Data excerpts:
Segment Open
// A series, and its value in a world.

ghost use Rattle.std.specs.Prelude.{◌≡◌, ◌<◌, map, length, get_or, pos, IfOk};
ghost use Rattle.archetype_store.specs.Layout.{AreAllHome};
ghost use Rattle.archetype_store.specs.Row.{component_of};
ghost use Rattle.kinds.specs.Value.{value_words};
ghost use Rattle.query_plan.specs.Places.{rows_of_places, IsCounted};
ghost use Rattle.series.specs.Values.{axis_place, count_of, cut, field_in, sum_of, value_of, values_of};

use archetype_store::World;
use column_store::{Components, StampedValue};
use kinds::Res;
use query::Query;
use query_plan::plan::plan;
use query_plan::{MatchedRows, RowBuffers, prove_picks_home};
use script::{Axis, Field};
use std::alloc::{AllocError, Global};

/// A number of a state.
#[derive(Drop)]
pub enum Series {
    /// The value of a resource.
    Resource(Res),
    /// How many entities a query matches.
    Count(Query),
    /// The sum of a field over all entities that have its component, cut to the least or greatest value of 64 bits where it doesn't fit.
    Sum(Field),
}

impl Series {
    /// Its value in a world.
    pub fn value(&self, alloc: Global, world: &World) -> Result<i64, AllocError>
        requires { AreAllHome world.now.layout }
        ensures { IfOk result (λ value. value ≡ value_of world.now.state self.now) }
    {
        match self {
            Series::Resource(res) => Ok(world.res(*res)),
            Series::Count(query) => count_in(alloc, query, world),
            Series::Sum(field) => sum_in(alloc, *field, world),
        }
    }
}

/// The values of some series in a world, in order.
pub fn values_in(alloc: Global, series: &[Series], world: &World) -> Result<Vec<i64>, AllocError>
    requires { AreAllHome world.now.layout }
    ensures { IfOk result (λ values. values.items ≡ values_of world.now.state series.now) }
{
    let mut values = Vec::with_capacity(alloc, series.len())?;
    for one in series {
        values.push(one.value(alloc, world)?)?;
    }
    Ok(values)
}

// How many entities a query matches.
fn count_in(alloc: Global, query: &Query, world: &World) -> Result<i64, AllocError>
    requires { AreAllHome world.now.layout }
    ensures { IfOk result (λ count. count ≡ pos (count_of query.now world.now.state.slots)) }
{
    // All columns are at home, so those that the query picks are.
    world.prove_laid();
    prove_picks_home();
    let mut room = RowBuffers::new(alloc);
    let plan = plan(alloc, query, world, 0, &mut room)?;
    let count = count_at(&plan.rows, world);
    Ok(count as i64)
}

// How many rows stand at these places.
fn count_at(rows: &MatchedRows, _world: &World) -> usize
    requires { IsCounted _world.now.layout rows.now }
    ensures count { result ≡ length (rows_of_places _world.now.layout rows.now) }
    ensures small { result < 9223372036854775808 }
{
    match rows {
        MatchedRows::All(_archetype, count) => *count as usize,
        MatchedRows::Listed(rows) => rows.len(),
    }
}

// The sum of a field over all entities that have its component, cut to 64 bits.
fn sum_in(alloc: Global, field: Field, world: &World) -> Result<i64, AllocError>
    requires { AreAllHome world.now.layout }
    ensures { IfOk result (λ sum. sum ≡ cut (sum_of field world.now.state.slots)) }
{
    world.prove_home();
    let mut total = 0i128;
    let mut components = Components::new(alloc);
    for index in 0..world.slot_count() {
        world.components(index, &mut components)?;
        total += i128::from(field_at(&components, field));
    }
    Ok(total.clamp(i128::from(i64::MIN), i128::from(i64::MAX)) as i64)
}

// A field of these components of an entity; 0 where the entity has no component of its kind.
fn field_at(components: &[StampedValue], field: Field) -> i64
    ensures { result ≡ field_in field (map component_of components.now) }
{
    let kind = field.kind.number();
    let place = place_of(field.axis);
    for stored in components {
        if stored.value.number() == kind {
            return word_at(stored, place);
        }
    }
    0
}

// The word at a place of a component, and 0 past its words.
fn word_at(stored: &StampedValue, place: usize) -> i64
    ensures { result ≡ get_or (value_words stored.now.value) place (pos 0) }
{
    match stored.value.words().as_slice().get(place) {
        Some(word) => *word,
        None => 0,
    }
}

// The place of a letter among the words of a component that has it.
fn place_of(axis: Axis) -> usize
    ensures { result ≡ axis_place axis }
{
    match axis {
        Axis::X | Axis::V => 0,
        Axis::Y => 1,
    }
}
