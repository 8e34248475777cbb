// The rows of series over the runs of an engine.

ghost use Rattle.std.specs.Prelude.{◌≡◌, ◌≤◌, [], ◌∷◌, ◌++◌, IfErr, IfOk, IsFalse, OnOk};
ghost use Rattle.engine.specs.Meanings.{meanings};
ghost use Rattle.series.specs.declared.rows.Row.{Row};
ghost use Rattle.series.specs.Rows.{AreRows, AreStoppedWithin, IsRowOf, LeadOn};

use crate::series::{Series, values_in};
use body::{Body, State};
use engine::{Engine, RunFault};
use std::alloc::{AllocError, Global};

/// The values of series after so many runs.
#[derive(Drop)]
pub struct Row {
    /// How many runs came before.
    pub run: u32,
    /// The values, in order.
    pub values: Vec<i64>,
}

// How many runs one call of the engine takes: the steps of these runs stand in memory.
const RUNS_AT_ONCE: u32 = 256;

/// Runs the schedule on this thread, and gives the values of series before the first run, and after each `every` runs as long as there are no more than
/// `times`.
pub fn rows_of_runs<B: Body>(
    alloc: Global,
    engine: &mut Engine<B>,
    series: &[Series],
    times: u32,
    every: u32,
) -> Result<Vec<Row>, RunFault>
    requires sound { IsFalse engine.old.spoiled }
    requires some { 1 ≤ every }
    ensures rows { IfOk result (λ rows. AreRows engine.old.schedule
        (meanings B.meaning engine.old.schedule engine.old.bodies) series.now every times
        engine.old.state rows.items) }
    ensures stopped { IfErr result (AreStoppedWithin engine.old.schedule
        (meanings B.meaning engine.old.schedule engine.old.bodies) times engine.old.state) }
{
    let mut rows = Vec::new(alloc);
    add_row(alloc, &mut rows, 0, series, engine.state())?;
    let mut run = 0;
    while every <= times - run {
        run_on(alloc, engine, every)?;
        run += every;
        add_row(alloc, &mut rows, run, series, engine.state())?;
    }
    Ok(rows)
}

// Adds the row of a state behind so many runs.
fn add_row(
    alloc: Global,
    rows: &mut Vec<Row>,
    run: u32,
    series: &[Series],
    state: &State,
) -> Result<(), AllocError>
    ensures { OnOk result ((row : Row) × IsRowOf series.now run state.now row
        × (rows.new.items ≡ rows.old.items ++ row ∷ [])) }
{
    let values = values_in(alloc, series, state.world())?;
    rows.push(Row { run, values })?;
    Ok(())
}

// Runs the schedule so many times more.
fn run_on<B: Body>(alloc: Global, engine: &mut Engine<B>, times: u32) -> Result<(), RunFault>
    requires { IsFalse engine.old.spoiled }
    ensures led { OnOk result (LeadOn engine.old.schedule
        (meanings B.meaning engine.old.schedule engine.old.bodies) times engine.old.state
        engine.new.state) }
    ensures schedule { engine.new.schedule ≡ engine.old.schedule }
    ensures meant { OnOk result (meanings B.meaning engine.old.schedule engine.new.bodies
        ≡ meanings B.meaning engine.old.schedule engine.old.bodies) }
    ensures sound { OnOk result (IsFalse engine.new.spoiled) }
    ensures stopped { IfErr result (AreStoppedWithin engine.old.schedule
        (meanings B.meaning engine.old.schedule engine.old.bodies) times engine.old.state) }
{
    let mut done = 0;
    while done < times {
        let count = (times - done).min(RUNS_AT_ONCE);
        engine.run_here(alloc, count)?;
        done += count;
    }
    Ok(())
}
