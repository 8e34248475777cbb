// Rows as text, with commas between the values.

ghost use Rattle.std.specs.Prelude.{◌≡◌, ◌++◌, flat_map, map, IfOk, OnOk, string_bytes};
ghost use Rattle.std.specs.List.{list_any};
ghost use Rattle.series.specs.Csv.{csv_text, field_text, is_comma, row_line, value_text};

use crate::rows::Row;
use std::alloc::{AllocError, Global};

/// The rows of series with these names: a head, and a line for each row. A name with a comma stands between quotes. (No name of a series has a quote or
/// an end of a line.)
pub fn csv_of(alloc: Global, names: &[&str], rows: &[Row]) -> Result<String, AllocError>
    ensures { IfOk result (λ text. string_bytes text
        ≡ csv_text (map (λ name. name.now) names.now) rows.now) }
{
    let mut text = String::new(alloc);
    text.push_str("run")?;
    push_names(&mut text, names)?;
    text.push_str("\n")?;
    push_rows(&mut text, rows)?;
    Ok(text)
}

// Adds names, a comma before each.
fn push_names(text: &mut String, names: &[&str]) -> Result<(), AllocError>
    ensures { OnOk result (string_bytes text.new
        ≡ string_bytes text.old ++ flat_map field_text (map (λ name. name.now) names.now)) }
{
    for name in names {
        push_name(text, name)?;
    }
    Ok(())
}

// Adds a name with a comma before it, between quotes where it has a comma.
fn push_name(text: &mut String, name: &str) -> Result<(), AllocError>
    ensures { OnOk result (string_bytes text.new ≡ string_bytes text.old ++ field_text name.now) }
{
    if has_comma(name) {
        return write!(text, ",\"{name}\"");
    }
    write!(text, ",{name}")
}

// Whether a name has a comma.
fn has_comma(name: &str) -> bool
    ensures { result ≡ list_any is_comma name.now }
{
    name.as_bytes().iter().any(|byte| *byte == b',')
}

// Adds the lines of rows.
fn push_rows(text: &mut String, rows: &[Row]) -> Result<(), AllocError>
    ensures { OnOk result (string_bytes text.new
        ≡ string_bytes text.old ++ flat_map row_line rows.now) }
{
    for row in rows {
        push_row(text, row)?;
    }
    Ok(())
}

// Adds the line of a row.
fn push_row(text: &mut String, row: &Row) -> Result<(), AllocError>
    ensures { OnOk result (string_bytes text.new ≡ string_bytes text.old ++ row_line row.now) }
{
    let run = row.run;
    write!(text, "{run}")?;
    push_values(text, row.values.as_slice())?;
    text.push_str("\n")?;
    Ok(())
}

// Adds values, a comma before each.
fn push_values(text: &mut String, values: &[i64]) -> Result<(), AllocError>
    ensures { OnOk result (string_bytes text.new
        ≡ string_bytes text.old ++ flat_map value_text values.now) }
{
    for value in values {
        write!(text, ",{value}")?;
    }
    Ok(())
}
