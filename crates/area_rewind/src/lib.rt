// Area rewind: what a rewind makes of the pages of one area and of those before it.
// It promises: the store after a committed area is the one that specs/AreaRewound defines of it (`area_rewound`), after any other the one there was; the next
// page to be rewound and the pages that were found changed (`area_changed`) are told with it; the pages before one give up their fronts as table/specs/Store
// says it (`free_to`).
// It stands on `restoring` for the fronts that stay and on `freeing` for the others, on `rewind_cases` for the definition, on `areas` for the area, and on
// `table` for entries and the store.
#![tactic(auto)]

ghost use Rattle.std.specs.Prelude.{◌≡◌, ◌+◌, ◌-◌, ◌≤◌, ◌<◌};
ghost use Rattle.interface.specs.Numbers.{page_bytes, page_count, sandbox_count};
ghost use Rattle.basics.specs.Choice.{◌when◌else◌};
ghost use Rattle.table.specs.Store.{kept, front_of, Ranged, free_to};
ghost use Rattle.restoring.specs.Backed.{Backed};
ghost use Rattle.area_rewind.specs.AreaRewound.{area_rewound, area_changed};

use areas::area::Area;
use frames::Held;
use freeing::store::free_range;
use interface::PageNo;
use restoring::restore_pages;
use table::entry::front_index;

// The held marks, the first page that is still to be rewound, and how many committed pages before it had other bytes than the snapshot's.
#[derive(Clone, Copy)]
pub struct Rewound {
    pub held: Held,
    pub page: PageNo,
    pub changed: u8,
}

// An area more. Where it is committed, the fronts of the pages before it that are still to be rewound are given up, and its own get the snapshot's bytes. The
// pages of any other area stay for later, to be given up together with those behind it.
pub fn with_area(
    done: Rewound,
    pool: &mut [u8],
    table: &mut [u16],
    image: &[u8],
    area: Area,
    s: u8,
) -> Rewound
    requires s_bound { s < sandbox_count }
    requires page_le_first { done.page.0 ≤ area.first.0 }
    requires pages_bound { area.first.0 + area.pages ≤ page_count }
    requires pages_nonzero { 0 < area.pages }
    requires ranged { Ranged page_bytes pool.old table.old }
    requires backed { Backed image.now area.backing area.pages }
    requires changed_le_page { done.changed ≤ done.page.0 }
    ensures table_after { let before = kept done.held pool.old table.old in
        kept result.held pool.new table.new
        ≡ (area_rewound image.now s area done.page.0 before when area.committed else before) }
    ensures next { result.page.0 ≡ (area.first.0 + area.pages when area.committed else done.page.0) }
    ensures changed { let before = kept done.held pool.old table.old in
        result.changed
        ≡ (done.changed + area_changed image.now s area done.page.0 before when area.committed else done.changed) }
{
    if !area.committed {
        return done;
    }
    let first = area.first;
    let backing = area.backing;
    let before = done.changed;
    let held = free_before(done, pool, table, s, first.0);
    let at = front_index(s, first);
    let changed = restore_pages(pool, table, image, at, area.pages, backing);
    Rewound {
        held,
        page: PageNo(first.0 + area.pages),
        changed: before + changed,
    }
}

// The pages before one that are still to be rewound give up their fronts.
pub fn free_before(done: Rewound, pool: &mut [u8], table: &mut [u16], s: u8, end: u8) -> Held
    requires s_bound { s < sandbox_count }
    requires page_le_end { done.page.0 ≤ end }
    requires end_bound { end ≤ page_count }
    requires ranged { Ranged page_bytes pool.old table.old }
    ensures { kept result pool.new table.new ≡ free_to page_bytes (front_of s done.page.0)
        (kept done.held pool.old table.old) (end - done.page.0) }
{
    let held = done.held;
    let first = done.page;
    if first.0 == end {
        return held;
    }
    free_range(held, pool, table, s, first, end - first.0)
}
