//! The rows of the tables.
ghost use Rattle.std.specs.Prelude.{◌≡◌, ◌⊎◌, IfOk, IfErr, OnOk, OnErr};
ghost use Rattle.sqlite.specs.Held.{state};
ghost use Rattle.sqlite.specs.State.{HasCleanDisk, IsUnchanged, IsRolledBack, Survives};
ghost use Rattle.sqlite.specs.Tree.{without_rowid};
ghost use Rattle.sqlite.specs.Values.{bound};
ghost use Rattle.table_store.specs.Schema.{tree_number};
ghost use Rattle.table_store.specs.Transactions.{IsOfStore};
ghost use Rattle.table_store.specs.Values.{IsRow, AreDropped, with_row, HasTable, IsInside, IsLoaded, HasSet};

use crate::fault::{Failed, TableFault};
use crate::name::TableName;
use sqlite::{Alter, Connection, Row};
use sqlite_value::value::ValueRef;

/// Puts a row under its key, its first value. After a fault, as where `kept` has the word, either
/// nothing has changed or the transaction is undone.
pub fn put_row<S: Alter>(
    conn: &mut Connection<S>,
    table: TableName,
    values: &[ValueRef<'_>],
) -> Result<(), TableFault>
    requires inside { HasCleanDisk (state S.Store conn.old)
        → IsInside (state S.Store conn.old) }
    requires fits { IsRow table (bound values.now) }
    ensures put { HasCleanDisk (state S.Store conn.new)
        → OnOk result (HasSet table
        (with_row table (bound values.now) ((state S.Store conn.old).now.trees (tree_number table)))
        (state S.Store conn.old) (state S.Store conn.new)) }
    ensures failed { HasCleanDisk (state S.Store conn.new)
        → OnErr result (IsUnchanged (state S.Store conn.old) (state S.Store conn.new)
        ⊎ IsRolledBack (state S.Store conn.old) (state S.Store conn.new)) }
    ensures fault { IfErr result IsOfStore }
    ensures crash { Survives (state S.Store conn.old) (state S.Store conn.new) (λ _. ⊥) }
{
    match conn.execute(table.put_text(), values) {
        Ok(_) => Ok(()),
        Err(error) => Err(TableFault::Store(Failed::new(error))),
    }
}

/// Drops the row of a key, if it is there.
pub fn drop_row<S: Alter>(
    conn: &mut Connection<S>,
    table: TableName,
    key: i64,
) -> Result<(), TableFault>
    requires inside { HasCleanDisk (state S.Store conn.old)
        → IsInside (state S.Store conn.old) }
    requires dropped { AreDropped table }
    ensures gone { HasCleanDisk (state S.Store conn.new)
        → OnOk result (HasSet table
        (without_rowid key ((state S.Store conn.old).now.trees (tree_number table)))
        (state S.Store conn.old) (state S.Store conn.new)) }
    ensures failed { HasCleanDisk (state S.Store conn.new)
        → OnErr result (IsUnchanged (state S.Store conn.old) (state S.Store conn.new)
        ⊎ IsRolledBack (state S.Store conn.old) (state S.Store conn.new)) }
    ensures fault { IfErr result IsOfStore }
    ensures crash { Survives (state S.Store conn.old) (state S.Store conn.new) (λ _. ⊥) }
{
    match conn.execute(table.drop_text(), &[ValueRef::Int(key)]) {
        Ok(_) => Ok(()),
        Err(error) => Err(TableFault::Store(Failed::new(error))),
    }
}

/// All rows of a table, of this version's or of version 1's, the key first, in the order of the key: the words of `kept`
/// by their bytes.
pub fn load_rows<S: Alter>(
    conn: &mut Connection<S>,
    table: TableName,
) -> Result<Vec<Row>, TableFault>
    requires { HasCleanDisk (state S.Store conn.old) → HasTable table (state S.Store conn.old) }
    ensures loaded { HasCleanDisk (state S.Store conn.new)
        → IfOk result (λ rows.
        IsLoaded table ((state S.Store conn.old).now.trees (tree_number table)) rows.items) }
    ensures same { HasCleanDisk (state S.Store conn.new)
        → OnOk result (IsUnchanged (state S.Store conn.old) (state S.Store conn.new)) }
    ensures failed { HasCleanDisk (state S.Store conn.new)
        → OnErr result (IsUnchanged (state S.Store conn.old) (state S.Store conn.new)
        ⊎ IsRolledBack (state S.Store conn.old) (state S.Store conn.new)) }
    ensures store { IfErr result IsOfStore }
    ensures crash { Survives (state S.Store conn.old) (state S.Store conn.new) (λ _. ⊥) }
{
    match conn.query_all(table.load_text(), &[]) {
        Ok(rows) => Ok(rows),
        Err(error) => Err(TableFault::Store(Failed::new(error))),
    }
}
Segment Closed
The task — If a line of the entries above includes the word "Alter", count it; then state the total and nothing else.

Solution for this problem — 4